# Only one layer of weights update, why?

I create a NN with one hidden layer, so I have two tensor of weights.
Then I train it, so I expect the weights to update. The problem is that only the second set of weights updates, the first stays the same!
Why? I have tried different possible solutions, but nothing.

This is the code (I removed the imports and the dataset upload), I print “par” before training and after training, it is clear that the first set of weights did not change:

``````class NN1(nn.Module):
def __init__(self, D_1, D_2, H, D_out):
super().__init__()
self.flatten = nn.Flatten()
self.linear_relu_stack = nn.Sequential(
nn.Linear(D_1*D_2, H, bias=False),
nn.ReLU(),
nn.Linear(H, D_out, bias=False),
)

def forward(self, x):
x = self.flatten(x)
logits = self.linear_relu_stack(x)
return logits

model = NN1(28, 28, 756, 10)
par = list(model.parameters())
print(par)

def train_loop(model, training_data, batch_size, eta, epochs):

optimizer = torch.optim.SGD(par, lr=eta)
loss = nn.CrossEntropyLoss()

for epoch in range(epochs):
for batch_idx, (X, y) in enumerate(train_dataloader):
ypred = model(X)
train_loss = loss(ypred, y)
if batch_idx % (6400/batch_size) == 0:
print(f'Epoch [{epoch + 1}/{epochs}] Batch [{batch_idx}/{len(train_dataloader)}] Training loss: {train_loss.item()}')

train_loss.backward()
optimizer.step()

return model

print(par)
``````

Just printing the parameter might not show enough decimals so clone the original parameter and subtract the updated one from it. Also check the gradients via the `.grad` attribute to see how small they are.

Thank you very much.

Unfortunately I have tried doing both things, but nothing. When I clone the original parameter and subtract the updated one from it I get a tensor of all 0, so they are perfectly equal I believe (and instead for the second set of parameters it’s different from 0).

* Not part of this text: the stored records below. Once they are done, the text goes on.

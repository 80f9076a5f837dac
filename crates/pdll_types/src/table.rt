//! What is declared so far.

ghost use Rattle.std.specs.Prelude.{◌≡◌, ◌∷◌, ◌++◌, [], None, OnOk, IfOk, option_copied};
ghost use Rattle.std.specs.Option.{is_some};
ghost use Rattle.pdll_types.specs.Signatures as spec;

use crate::kind::{Kind, copy_maybe_kind};
use crate::signature::{Signature, Sort};
use indexmap::IndexMap;
use std::alloc::{AllocError, Global};
use std::marker::Model;

/// The declarations so far that have names.
#[derive(Drop)]
pub struct Table<'t> {
    by_name: IndexMap<&'t [u8], Signature>,
}

impl<'t> Model for Table<'t> {
    ghost use Rattle.std.specs.Prelude.{List, map};
    ghost use Rattle.pdll_types.specs.Signatures.{Declared};
    ghost use Rattle.pdll_types.specs.Codes.{coded_table};

    ghost Value = { List Declared };

    ghost coded = { coded_table };

    ghost view = { λ t. map (λ e. record { name = e.0.now; signature = e.1 }) t.by_name.entries };
}

impl<'t> Table<'t> {
    pub fn new(alloc: Global) -> Table<'t>
        ensures { result ≡ [] }
    {
        Table {
            by_name: IndexMap::new(alloc),
        }
    }

    /// What the name is declared as.
    pub fn find(&self, name: &[u8]) -> Option<&Signature>
        ensures { option_copied result ≡ spec.signature_of self.now name.now }
    {
        self.by_name.get(name)
    }

    /// Whether the name is declared.
    pub fn is_declared(&self, name: &[u8]) -> bool
        ensures { result ≡ is_some (spec.signature_of self.now name.now) }
    {
        match self.find(name) {
            Some(_) => true,
            None => false,
        }
    }

    /// Declares a name, which is new.
    pub fn declare(&mut self, name: &'t [u8], signature: Signature) -> Result<(), AllocError>
        requires { spec.signature_of self.old name.now ≡ None }
        ensures { OnOk result (self.new ≡ self.old ++ record { name = name.now; signature = signature } ∷ []) }
    {
        self.by_name.insert(name, signature)?;
        Ok(())
    }

    pub fn is_constraint(&self, name: &[u8]) -> bool
        ensures { result ≡ spec.is_constraint self.now name.now }
    {
        match self.find(name) {
            Some(signature) => matches!(signature.sort, Sort::Constraint),
            None => false,
        }
    }

    pub fn is_rewrite(&self, name: &[u8]) -> bool
        ensures { result ≡ spec.is_rewrite self.now name.now }
    {
        match self.find(name) {
            Some(signature) => matches!(signature.sort, Sort::Rewrite),
            None => false,
        }
    }

    /// Whether the name is one of a constraint or a rewrite.
    pub fn is_callable(&self, name: &[u8]) -> bool
        ensures { result ≡ spec.is_callable self.now name.now }
    {
        match self.find(name) {
            Some(signature) => !matches!(signature.sort, Sort::Pattern),
            None => false,
        }
    }

    /// The kinds of the parameters.
    pub fn parameters(&self, name: &[u8]) -> &[Option<Kind>]
        ensures { result.now ≡ spec.parameters self.now name.now }
    {
        match self.find(name) {
            Some(signature) => signature.params.as_slice(),
            None => &[],
        }
    }

    /// The kind of a call.
    pub fn call_kind(&self, alloc: Global, name: &[u8]) -> Result<Option<Kind>, AllocError>
        ensures { IfOk result (λ k. k ≡ spec.call_kind self.now name.now) }
    {
        match self.find(name) {
            Some(signature) => copy_maybe_kind(alloc, &signature.gives),
            None => Ok(None),
        }
    }

    /// The kind of the only parameter of a constraint.
    pub fn only_parameter(&self, alloc: Global, name: &[u8]) -> Result<Option<Kind>, AllocError>
        ensures { IfOk result (λ k. k ≡ spec.only_parameter self.now name.now) }
    {
        if !self.is_constraint(name) {
            return Ok(None);
        }
        match self.parameters(name) {
            [kind] => copy_maybe_kind(alloc, kind),
            _ => Ok(None),
        }
    }
}
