//! From a pattern file to what is known of it.

ghost use Rattle.std.specs.Prelude.{◌≡◌, [], ◌∷◌, List, None, Some, OnOk, IfOk};
ghost use Rattle.pdll_syntax.specs.declared.file.Decl.{Decl as Declaration};
ghost use Rattle.pdll_types.specs.Signatures.{Declared, declared, declared_name, signature_of};
ghost use Rattle.pdll_types.specs.Accepted.{decl_place};
ghost use Rattle.pdll_types.specs.Judged.{Judges, Finds, Later};
ghost use Rattle.pdll_types.specs.Earlier.{IsEarlier, Nexts};
ghost use Rattle.pdll_types.specs.Walk.{decl_walked, Tells};

use crate::declarations::{declare, walk_decl};
use crate::kind::KindList;
use crate::opened::first_open;
use crate::table::Table;
use crate::typed::{IdList, Typed};
use crate::walk::Walk;
use mlir_tree::refusal::Refusal;
use pdll_expand::constraints::Constraints;
use pdll_sizes::Sizes;
use pdll_syntax::fault::{PatFault, PatKind};
use pdll_syntax::file::{Decl, PatFile};
use std::alloc::{AllocError, Global};

/// Goes through one declaration.
#[tactic(auto, unfolding(crate::specs::Walk::decl_walked))]
fn walk_one<'t>(
    alloc: Global,
    table: &Table<'t>,
    walk: &mut Walk<'t>,
    one: &'t Decl,
) -> Result<(), AllocError>
    ensures { OnOk result (walk.new ≡ decl_walked table.now one.now walk.old) }
{
    walk.sight.clear();
    walk.words.clear();
    walk.least = None;
    walk_decl(alloc, table, walk, one)
}

/// Where a declaration begins.
fn decl_place(one: &Decl) -> usize
    ensures { result ≡ decl_place one.now }
{
    match one {
        Decl::Pattern(pattern) => pattern.at,
        Decl::Constraint(call) => call.at,
        Decl::Rewrite(call) => call.at,
    }
}

/// The declarations before, as each part of the judgement knows them.
#[derive(Drop)]
struct Earlier<'t> {
    table: Table<'t>,
    constraints: Constraints<'t>,
    sizes: Sizes<'t>,
}

impl<'t> Earlier<'t> {
    /// Before the first declaration.
    fn new(alloc: Global) -> Earlier<'t>
        ensures { IsEarlier result [] [] }
    {
        Earlier {
            table: Table::new(alloc),
            constraints: Constraints::new(alloc),
            sizes: Sizes::new(alloc),
        }
    }

    /// Declares what has a name, which must be new.
    fn declare(&mut self, alloc: Global, one: &'t Decl) -> Result<(), AllocError>
        requires { (n : _) → declared_name one.now ≡ Some n → signature_of self.old.table n.text ≡ None }
        ensures { (c : List Declared) (earlier : List Declaration) → IsEarlier self.old c earlier → OnOk result (IsEarlier self.new (declared c one.now) (one.now ∷ earlier)) }
    {
        declare(alloc, &mut self.table, one)?;
        self.constraints.declare(alloc, one)?;
        self.sizes.declare(one)
    }

    /// The first fault of what a declaration doesn't determine, or of its size.
    fn later_fault(&self, alloc: Global, one: &'t Decl) -> Result<Option<PatFault>, AllocError>
        ensures { (c : List Declared) (earlier : List Declaration) → IsEarlier self.now c earlier → IfOk result (Later earlier one.now) }
    {
        if let Some(fault) = first_open(alloc, &self.constraints, one)? {
            return Ok(Some(fault));
        }
        if self.sizes.is_too_large(one) {
            return Ok(Some(PatFault {
                kind: PatKind::TooMany,
                at: decl_place(one),
            }));
        }
        Ok(None)
    }
}

/// Goes through one more declaration, and declares it where it has no fault.
fn walk_next<'t>(
    alloc: Global,
    earlier: &mut Earlier<'t>,
    walk: &mut Walk<'t>,
    one: &'t Decl,
) -> Result<(), Refusal<PatFault>>
    ensures walked { OnOk result (walk.new ≡ decl_walked earlier.old.table one.now walk.old) }
    ensures next { (c : List Declared) (ds : List Declaration) → IsEarlier earlier.old c ds → Nexts c ds one.now earlier.new result }
{
    walk_one(alloc, &earlier.table, walk, one)?;
    if let Some(fault) = walk.least {
        return Err(Refusal::Fault(fault));
    }
    if let Some(fault) = earlier.later_fault(alloc, one)? {
        return Err(Refusal::Fault(fault));
    }
    Ok(earlier.declare(alloc, one)?)
}

/// Goes through declarations, up to the first that has a fault.
fn walk_decls<'t>(
    alloc: Global,
    earlier: &mut Earlier<'t>,
    walk: &mut Walk<'t>,
    all: &'t [Decl],
) -> Result<(), Refusal<PatFault>>
    requires { IsEarlier earlier.old [] [] }
    ensures { Tells [] [] all.now walk.old result walk.new }
{
    for one in all {
        if let Err(refusal) = walk_next(alloc, earlier, walk, one) {
            return Err(refusal);
        }
    }
    Ok(())
}

/// Goes through the declarations of a file.
fn walk_file<'t>(
    alloc: Global,
    walk: &mut Walk<'t>,
    file: &'t PatFile,
) -> Result<(), Refusal<PatFault>>
    ensures { Tells [] [] file.now.decls walk.old result walk.new }
{
    let mut earlier = Earlier::new(alloc);
    walk_decls(alloc, &mut earlier, walk, file.decls.as_slice())
}

/// The kinds of a file's expressions and its roots, where it is accepted.
fn kinds_and_roots(alloc: Global, file: &PatFile) -> Result<(KindList, IdList), Refusal<PatFault>>
    ensures { Finds file.now result }
{
    let mut walk = Walk::new(alloc);
    match walk_file(alloc, &mut walk, file) {
        Ok(()) => {
            let Walk {
                sight: _,
                words: _,
                kinds,
                roots,
                least: _,
            } = walk;
            Ok((kinds, roots))
        }
        Err(refusal) => Err(refusal),
    }
}

/// Whether a pattern file is accepted: the kinds of its expressions and its roots, or its first fault.
pub fn check(alloc: Global, file: &PatFile) -> Result<Typed, Refusal<PatFault>>
    // The file with its kinds and roots where it is accepted, else its first fault, unless memory fails.
    ensures exact { Judges file.now result }
{
    match kinds_and_roots(alloc, file) {
        Ok((kinds, roots)) => {
            let file = file.copy(alloc)?;
            Ok(Typed { file, kinds, roots })
        }
        Err(refusal) => Err(refusal),
    }
}
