//! Names, kinds and parts of a pattern file: whether it is accepted, and the kinds of its expressions.
#![tactic(auto)]

mod asked;
mod declarations;
mod expressions;
mod files;
mod headings;
pub mod kind;
pub mod laws;
mod literals;
mod marks;
mod natives;
mod opened;
mod refs;
mod section;
mod sight;
mod signature;
mod statements;
mod table;
pub mod typed;
mod uses;
mod walk;

pub use files::check;
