//! The variables in sight, and the words that declare variables.

ghost use Rattle.std.specs.Prelude.{◌≡◌, [], OnOk, IfOk, codes, not};
ghost use Rattle.std.specs.Option.{option_and_then};
ghost use Rattle.pdll_types.specs.Sight.{variable_of, is_in_sight, sight_with, is_blank, is_word, with_word};

use crate::kind::{Kind, copy_maybe_kind};
use indexmap::{IndexMap, IndexSet};
use std::alloc::{AllocError, Global};
use std::marker::Model;

/// The variables in sight, in the order in which they came into sight.
#[derive(Drop)]
pub struct Sight<'t> {
    variables: IndexMap<&'t [u8], Option<Kind>>,
}

impl<'t> Model for Sight<'t> {
    ghost use Rattle.std.specs.Prelude.{List, map};
    ghost use Rattle.pdll_types.specs.Sight.{Known};
    ghost use Rattle.pdll_types.specs.Codes.{coded_sight};

    ghost Value = { List Known };

    ghost coded = { coded_sight };

    ghost view = { λ s. map (λ e. record { name = e.0.now; kind = e.1 }) s.variables.entries };
}

/// Words, each once.
#[derive(Drop)]
pub struct Words<'t> {
    words: IndexSet<&'t [u8]>,
}

impl<'t> Model for Words<'t> {
    ghost use Rattle.std.specs.Prelude.{List, ℕ, map};

    ghost Value = { List (List ℕ) };

    ghost view = { λ s. map (λ w. w.now) s.words.keys };
}

/// Whether the name is `_`.
pub fn is_blank(name: &[u8]) -> bool
    ensures { result ≡ is_blank name.now }
{
    name == b"_".as_slice()
}

impl<'t> Sight<'t> {
    pub fn new(alloc: Global) -> Sight<'t>
        ensures { result ≡ [] }
    {
        Sight {
            variables: IndexMap::new(alloc),
        }
    }

    /// Takes all variables out of sight.
    pub fn clear(&mut self)
        ensures { self.new ≡ [] }
    {
        self.variables.clear();
    }

    /// Whether a variable has the name.
    pub fn has(&self, name: &[u8]) -> bool
        ensures { result ≡ is_in_sight self.now name.now }
    {
        self.variables.get(name).is_some()
    }

    /// The kind of the variable of this name.
    pub fn kind(&self, alloc: Global, name: &[u8]) -> Result<Option<Kind>, AllocError>
        ensures { IfOk result (λ k. k ≡ option_and_then (λ v. v.kind) (variable_of self.now name.now)) }
    {
        match self.variables.get(name) {
            None => Ok(None),
            Some(kind) => copy_maybe_kind(alloc, kind),
        }
    }

    /// Brings a variable into sight, if its name is new and isn't `_`.
    pub fn show(&mut self, name: &'t [u8], kind: Option<Kind>) -> Result<(), AllocError>
        ensures { OnOk result (self.new ≡ sight_with self.old name.now kind) }
    {
        if is_blank(name) || self.has(name) {
            return Ok(());
        }
        self.variables.insert(name, kind)?;
        Ok(())
    }
}

impl<'t> Words<'t> {
    pub fn new(alloc: Global) -> Words<'t>
        ensures { result ≡ [] }
    {
        Words {
            words: IndexSet::new(alloc),
        }
    }

    /// Takes all words away.
    pub fn clear(&mut self)
        ensures { self.new ≡ [] }
    {
        self.words.clear();
    }

    /// Puts a word there, and says whether it was there before.
    pub fn put(&mut self, word: &'t [u8]) -> Result<bool, AllocError>
        ensures was { IfOk result (λ b. b ≡ is_word self.old word.now) }
        ensures put { OnOk result (self.new ≡ with_word self.old word.now) }
    {
        let is_new = self.words.insert(word)?;
        Ok(!is_new)
    }
}
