//! What a declaration doesn't determine.

ghost use Rattle.std.specs.Prelude.{◌≡◌, length, List, IfOk};
ghost use Rattle.pdll_syntax.specs.declared.file.Decl.{Decl as Declaration};
ghost use Rattle.rewrite_model.specs.Own.{own};
ghost use Rattle.pdll_expand.specs.Table.{Knows};
ghost use Rattle.pdll_types.specs.Accepted.{open_kind};
ghost use Rattle.pdll_types.specs.Open as spec;
ghost use Rattle.pdll_types.specs.Judged.{Opened};

use crate::walk::noted;
use native_set::native::Kind;
use pdll_expand::constraints::Constraints;
use pdll_expand::marks::{Marks, determined};
use pdll_expand::scene::Own;
use pdll_syntax::fault::{PatFault, PatKind};
use pdll_syntax::file::Decl;
use rewrite_model::laws::numbers_have_places;
use std::alloc::{AllocError, Global};

/// The fault of a number of this kind that isn't determined.
fn open_kind(kind: Kind) -> PatKind
    ensures { result ≡ open_kind kind }
{
    match kind {
        Kind::Op => PatKind::MultiRoot,
        _ => PatKind::Undetermined,
    }
}

/// The first fault so far, with that of one more number where it isn't determined.
fn note_number(
    least: Option<PatFault>,
    own: &Own<'_>,
    marks: &Marks,
    number: usize,
) -> Option<PatFault>
    ensures { result ≡ spec.noted_number own.now.scene.kinds own.now.scene.places marks.now number least }
{
    if marks.has(number) {
        return least;
    }
    match (own.scene.kinds.get(number), own.scene.places.get(number)) {
        (Some(kind), Some(at)) => noted(least, open_kind(*kind), *at),
        _ => least,
    }
}

/// The first fault of the numbers that aren't determined.
fn least_open(own: &Own<'_>, marks: &Marks) -> Option<PatFault>
    ensures { result ≡ spec.least_open own.now.scene.kinds own.now.scene.places marks.now (length own.now.scene.kinds) }
{
    let mut least = None;
    for number in 0..own.scene.kinds.len() {
        least = note_number(least, own, marks, number);
    }
    least
}

/// The first fault of what a declaration numbers and doesn't determine.
pub fn first_open<'t>(
    alloc: Global,
    constraints: &Constraints<'t>,
    one: &'t Decl,
) -> Result<Option<PatFault>, AllocError>
    ensures { (earlier : List Declaration) → Knows constraints.now earlier → IfOk result (Opened (own earlier one.now)) }
{
    numbers_have_places();
    let own = pdll_expand::own::own(alloc, constraints, one)?;
    let marks = determined(alloc, &own)?;
    Ok(least_open(&own, &marks))
}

When I print the gradients during the training loop they appear to be exactly 0 (I don’t know if there is an approximation that I can’t see, but I don’t think so).

PROBLEM SOLVED
By reading some other posts I understood the problem. Actually there was not really a problem. When I was printing the gradients and/or the weights, the output was clearly truncated, and the part which I was seeing was simply not updated, but other parts which I was not seeing where being updated.